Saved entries
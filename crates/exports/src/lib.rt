// The library's entry points for Rust and C (include/umbraconga.h): each calls the entry point of its name and writes its answer as the documents' numbers.
// They take every input: a table or a slice that is turned away is reported by its number and left as it was.
#![tactic(auto)]

ghost use Rattle.std.specs.Prelude.{◌≡◌};
ghost use Rattle.calculation.specs.Calculating.{calculate_of};
ghost use Rattle.machine.specs.Machine.{answer_of, machine_of, session_of, session_report_of, told_report_of};
ghost use Rattle.present_set.specs.Present.{present_of};
ghost use Rattle.table.specs.Words.{count_of, empty_words};
ghost use Rattle.exports.specs.Meanings.{BindsWhereTaken, FairWhereTaken, RecordsMean, SettledMeans};
ghost use Rattle.exports.specs.Reports.{calculation_report_of, end_report_of, run_report_of, settled_number_of, wrote_report_of};

use calculation::Calculated;
use fractions::Rate;
use machine::Session;
use records::Refused;

// The number, the place, the declared links and the declared sessions.
fn calculation_report(answer: Result<Calculated, Refused>) -> [u64; 4]
    ensures { result ≡ calculation_report_of answer }
{
    match answer {
        Ok(x) => [0, 0, x.links, x.sessions as u64],
        Err(r) => [u64::from(r.refusal), r.place as u64, 0, 0],
    }
}

// The number, the place and the records taken.
fn end_report(taken: usize, end: Result<(), Refused>) -> [u64; 3]
    ensures { result ≡ end_report_of taken end }
{
    match end {
        Ok(()) => [0, 0, taken as u64],
        Err(r) => [u64::from(r.refusal), r.place as u64, taken as u64],
    }
}

// 1 for yes, 0 for no, or the refusal's number.
fn settled_number(answer: Result<bool, Refused>) -> u64
    ensures { result ≡ settled_number_of answer }
{
    match answer {
        Ok(true) => 1,
        Ok(false) => 0,
        Err(r) => u64::from(r.refusal),
    }
}

// That a session is active, and the rate last told to it.
fn told_report(told: Option<Rate>) -> [u64; 3]
    ensures { result ≡ told_report_of told }
{
    match told {
        None => [1, 0, 0],
        Some(x) => [1, x.num, x.den],
    }
}

// Whether a session is active, and the rate last told to it.
fn session_report(session: Session) -> [u64; 3]
    ensures { result ≡ session_report_of session }
{
    match session {
        Session::NotActive => [0, 0, 0],
        Session::Active(told) => told_report(told),
    }
}

// The number, the place and the bytes written.
fn wrote_report(answer: Result<usize, Refused>) -> [u64; 3]
    ensures { result ≡ wrote_report_of answer }
{
    match answer {
        Ok(n) => [0, 0, n as u64],
        Err(r) => [u64::from(r.refusal), r.place as u64, 0],
    }
}

// The direct calculation: every declared session's max-min fair rate and its binding place.
#[unsafe(no_mangle)]
pub extern "C" fn umbraconga_calculate(
    records: &[u8],
    nums: &mut [u64],
    dens: &mut [u64],
    places: &mut [u64],
    report: &mut [u64; 4],
)
    ensures exact { (report.new ≡ calculation_report_of (calculate_of records.now nums.old dens.old places.old).answer)
        × (nums.new ≡ (calculate_of records.now nums.old dens.old places.old).nums)
        × (dens.new ≡ (calculate_of records.now nums.old dens.old places.old).dens)
        × (places.new ≡ (calculate_of records.now nums.old dens.old places.old).places) }
    ensures ordered { FairWhereTaken records.now report.new nums.new dens.new }
    ensures binds { BindsWhereTaken records.now report.new nums.new dens.new places.new }
{
    let answer = calculation::calculate(records, nums, dens, places);
    *report = calculation_report(answer);
}

// Makes a table the empty one.
#[unsafe(no_mangle)]
pub extern "C" fn umbraconga_empty(table: &mut [u64; 9153])
    ensures { table.new ≡ empty_words }
{
    machine::make_empty(table);
}

// Runs records on a table: 14, then 1, then each record up to the first that is refused.
#[unsafe(no_mangle)]
pub extern "C" fn umbraconga_run(table: &mut [u64; 9153], records: &[u8], report: &mut [u64; 3])
    ensures { (report.new ≡ run_report_of (machine_of table.old records.now))
        × (table.new ≡ (machine_of table.old records.now).state) }
{
    let ran = machine::run(table, records);
    let end = ran.end;
    *report = end_report(ran.taken, end);
}

// Whether a table is settled.
#[unsafe(no_mangle)]
pub extern "C" fn umbraconga_settled(table: &[u64; 9153]) -> u64
    ensures exact { result ≡ settled_number_of (answer_of table.now) }
    ensures conditions { SettledMeans table.now result }
{
    settled_number(machine::settled(table))
}

// How many packets are in flight.
#[unsafe(no_mangle)]
pub extern "C" fn umbraconga_in_flight(table: &[u64; 9153]) -> u64
    ensures { result ≡ count_of table.now }
{
    machine::in_flight(table) as u64
}

// Whether a session is active, and the rate last told to it.
#[unsafe(no_mangle)]
pub extern "C" fn umbraconga_told(table: &[u64; 9153], session: u32, report: &mut [u64; 3])
    ensures { report.new ≡ session_report_of (session_of table.now session) }
{
    *report = session_report(machine::session_at(table, session));
}

// Writes the records of the links and active sessions that a table holds: 14, then 17. At most 992 bytes.
#[unsafe(no_mangle)]
pub extern "C" fn umbraconga_records(table: &[u64; 9153], out: &mut [u8], report: &mut [u64; 3])
    ensures exact { (report.new ≡ wrote_report_of (present_of table.now out.old).answer)
        × (out.new ≡ (present_of table.now out.old).bytes) }
    ensures present { RecordsMean table.now out.old out.new report.new }
{
    let answer = present_set::write_records(table, out);
    *report = wrote_report(answer);
}
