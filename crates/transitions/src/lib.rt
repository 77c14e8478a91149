// Not for outsiders. Specs and laws only: the transitions between the rows of a table, and the keys of a search over them. The search for least keys and the
// pass that makes least plans of them are both stated over these, so an edit of either does not recheck the other.
#![tactic(auto)]
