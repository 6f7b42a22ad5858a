// The fields of an instruction word: of 32 bits, and of 16. Each has its name, its definition and its edits; with the two numbers as
// const parameters a body would be a call in the place of one division and one remainder, which is no plainer.
#![tactic(auto)]

ghost use Rattle.std.specs.Prelude.{◌≡◌};
ghost use Rattle.isa_fields.specs.Compressed.{c_funct3_field, c_rs2_field, prime_field, quadrant_field};
ghost use Rattle.isa_fields.specs.Fields.{csr_field, funct3_field, opcode_field, rd_field, rs1_field, rs2_field};

#[tactic(auto, unfolding(crate::specs::Fields::opcode_field))]
pub fn opcode(word: u64) -> u64
    ensures { result ≡ opcode_field word }
{
    word % 128
}

#[tactic(auto, unfolding(crate::specs::Fields::rd_field))]
pub fn rd(word: u64) -> usize
    ensures { result ≡ rd_field word }
{
    (word / 128 % 32) as usize
}

#[tactic(auto, unfolding(crate::specs::Fields::funct3_field))]
pub fn funct3(word: u64) -> u64
    ensures { result ≡ funct3_field word }
{
    word / 4096 % 8
}

#[tactic(auto, unfolding(crate::specs::Fields::rs1_field))]
pub fn rs1(word: u64) -> usize
    ensures { result ≡ rs1_field word }
{
    (word / 0x8000 % 32) as usize
}

#[tactic(auto, unfolding(crate::specs::Fields::rs2_field))]
pub fn rs2(word: u64) -> usize
    ensures { result ≡ rs2_field word }
{
    (word / 0x10_0000 % 32) as usize
}

#[tactic(auto, unfolding(crate::specs::Fields::csr_field))]
pub fn csr(word: u64) -> u64
    ensures { result ≡ csr_field word }
{
    word / 0x10_0000 % 4096
}

// The fields of a 16-bit word begin here. Its rd, where it has one of 5 bits, lies where a 32-bit word has its own.

// The low two bits of any word.
#[tactic(auto, unfolding(crate::specs::Compressed::quadrant_field))]
pub fn quadrant(word: u64) -> u64
    ensures { result ≡ quadrant_field word }
{
    word % 4
}

#[tactic(auto, unfolding(crate::specs::Compressed::c_funct3_field))]
pub fn c_funct3(word: u64) -> u64
    ensures { result ≡ c_funct3_field word }
{
    word / 0x2000 % 8
}

// rd' or rs2': one of x8 to x15.
#[tactic(auto, unfolding(crate::specs::Compressed::prime_field))]
pub fn prime(word: u64) -> usize
    ensures { result ≡ prime_field word }
{
    (8 + word / 4 % 8) as usize
}

#[tactic(auto, unfolding(crate::specs::Compressed::c_rs2_field))]
pub fn c_rs2(word: u64) -> usize
    ensures { result ≡ c_rs2_field word }
{
    (word / 4 % 32) as usize
}
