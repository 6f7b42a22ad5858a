// The vCPU exit handler: a trap's start, its answers and its load's completion, by value. Each call gives the whole
// outcome, and its promise names it: the later record, the reply, and a hypercall's arguments.
#![tactic(auto, unfolding(scope::specs::Calls::called_of, scope::specs::Calls::base_of, scope::specs::Calls::effect_of))]

ghost use Rattle.std.specs.Prelude.{◌≡◌};
ghost use Rattle.scope.specs.declared.hosts.HostCall.TheVariants as host_call;
ghost use Rattle.scope.specs.Calls.{called_of};

use scope::{Answer, Outcome, Trap, Vcpu};

// Starts a trap.
pub fn start(v: Vcpu, t: Trap) -> Outcome
    ensures { result ≡ called_of v (host_call.Start t) }
{
    by_value_apply::apply(v, by_value_start::start(v, t))
}

// Answers the ask that waits.
pub fn answer(v: Vcpu, a: Answer) -> Outcome
    ensures { result ≡ called_of v (host_call.Answer a) }
{
    by_value_apply::apply(v, by_value_answer::answer(v, a))
}

// Completes the load that waits.
pub fn complete_load(v: Vcpu, n: u64) -> Outcome
    ensures { result ≡ called_of v (host_call.CompleteLoad n) }
{
    by_value_apply::apply(v, by_value_classes::complete(v.csrs, v.waiting, n))
}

* PROMPT *
The first line of the records and every line down to the line with "Ok(()) => [0, 0, taken" must be quoted exactly; leave out all else.

* WRITTEN RESPONSE *
filename crates/exports/src/lib.rt
// The library's entry points for Rust and C (include/umbraconga.h): each calls the entry point of its name and writes its answer as the documents' numbers.
// They take every input: a table or a slice that is turned away is reported by its number and left as it was.
#![tactic(auto)]

ghost use Rattle.std.specs.Prelude.{◌≡◌};
ghost use Rattle.calculation.specs.Calculating.{calculate_of};
ghost use Rattle.machine.specs.Machine.{answer_of, machine_of, session_of, session_report_of, told_report_of};
ghost use Rattle.present_set.specs.Present.{present_of};
ghost use Rattle.table.specs.Words.{count_of, empty_words};
ghost use Rattle.exports.specs.Meanings.{BindsWhereTaken, FairWhereTaken, RecordsMean, SettledMeans};
ghost use Rattle.exports.specs.Reports.{calculation_report_of, end_report_of, run_report_of, settled_number_of, wrote_report_of};

use calculation::Calculated;
use fractions::Rate;
use machine::Session;
use records::Refused;

// The number, the place, the declared links and the declared sessions.
fn calculation_report(answer: Result<Calculated, Refused>) -> [u64; 4]
    ensures { result ≡ calculation_report_of answer }
{
    match answer {
        Ok(x) => [0, 0, x.links, x.sessions as u64],
        Err(r) => [u64::from(r.refusal), r.place as u64, 0, 0],
    }
}

// The number, the place and the records taken.
fn end_report(taken: usize, end: Result<(), Refused>) -> [u64; 3]
    ensures { result ≡ end_report_of taken end }
{
    match end {
        Ok(()) => [0, 0, taken as u64],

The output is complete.